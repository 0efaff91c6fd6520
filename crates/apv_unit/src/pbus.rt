//! The PBUs of an access unit whose structure is sound, one after another.
ghost use Rattle.std.specs.Prelude.{◌≡◌, ◌≤◌, ℕ, List, length};
ghost use Rattle.std.specs.Iterator.{at_most};
ghost use Rattle.apv_base.specs.model.Pbu.{Pbu};
ghost use Rattle.apv_base.specs.model.Body.{with_bodies};
ghost use Rattle.apv_base.specs.model.Unit.{Structure};
ghost use Rattle.apv_base.specs.model.Run.{MAX_UNIT};
ghost use Rattle.apv_unit.specs.Pbus.{AreLeft};
ghost use Rattle.apv_unit.specs.GivesPbu.{GivesPbu};

use crate::pbu::next_pbu;
use std::marker::Model;

/// A PBU of an access unit whose structure is sound (`pbu()`).
#[derive(Clone, Copy, Debug)]
pub struct SoundPbu<'a> {
    /// The number of the PBU in its access unit, counted from 0.
    pub number: u32,
    /// `pbu_type`.
    pub kind: u8,
    /// `group_id`.
    pub group: u16,
    /// The bytes after the PBU's header.
    pub body: &'a [u8],
}

/// An iterator over the PBUs of an access unit whose structure is sound, in order. A contract sees the number of the
/// next PBU and the bytes that are left: the PBUs in them are still to come.
#[derive(Debug, Drop)]
pub struct Pbus<'a> {
    unit: &'a [u8],
    place: usize,
    number: u32,
}

impl<'a> Model for Pbus<'a> {
    ghost use Rattle.std.specs.Prelude.{drop};
    ghost use Rattle.apv_unit.specs.Pbus.{PbusLeft, IsAtPbu};

    ghost Value = { PbusLeft };

    ghost view = { λ s. record { number = s.number; bytes = drop s.place s.unit.now } };

    ghost invariant = { λ s. IsAtPbu s.unit.now s.place s.number };
}

impl<'a> Pbus<'a> {
    /// The PBUs of an access unit whose structure is sound, which has at most 536,870,912 bytes.
    pub fn of(unit: &'a [u8]) -> Pbus<'a>
        requires small { length unit.now ≤ MAX_UNIT }
        requires sound { (pbus : List Pbu) × Structure with_bodies unit.now pbus }
        ensures number { result.number ≡ 0 }
        ensures pbus { (pbus : List Pbu) → Structure with_bodies unit.now pbus
            → AreLeft result pbus }
    {
        Pbus {
            unit,
            place: 4,
            number: 0,
        }
    }
}

impl<'a> Iterator for Pbus<'a> {
    type Item = SoundPbu<'a>;

    ghost next_gives = { GivesPbu };

    ghost remaining = { λ s. at_most (length s.bytes) };

    fn next(&mut self) -> Option<SoundPbu<'a>> {
        let Ok(pbu) = next_pbu(self.unit, self.place) else {
            return None;
        };
        let number = self.number;
        self.place = pbu.next;
        self.number += 1;
        Some(SoundPbu {
            number,
            kind: pbu.kind,
            group: pbu.group,
            body: pbu.body,
        })
    }
}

════════

All lines with the word "List" should be copied from the material above.

> **SOLUTION TO THIS PROBLEM**
ghost use Rattle.std.specs.Prelude.{◌≡◌, ◌≤◌, ℕ, List, length};
        requires sound { (pbus : List Pbu) × Structure with_bodies unit.now pbus }
        ensures pbus { (pbus : List Pbu) → Structure with_bodies unit.now pbus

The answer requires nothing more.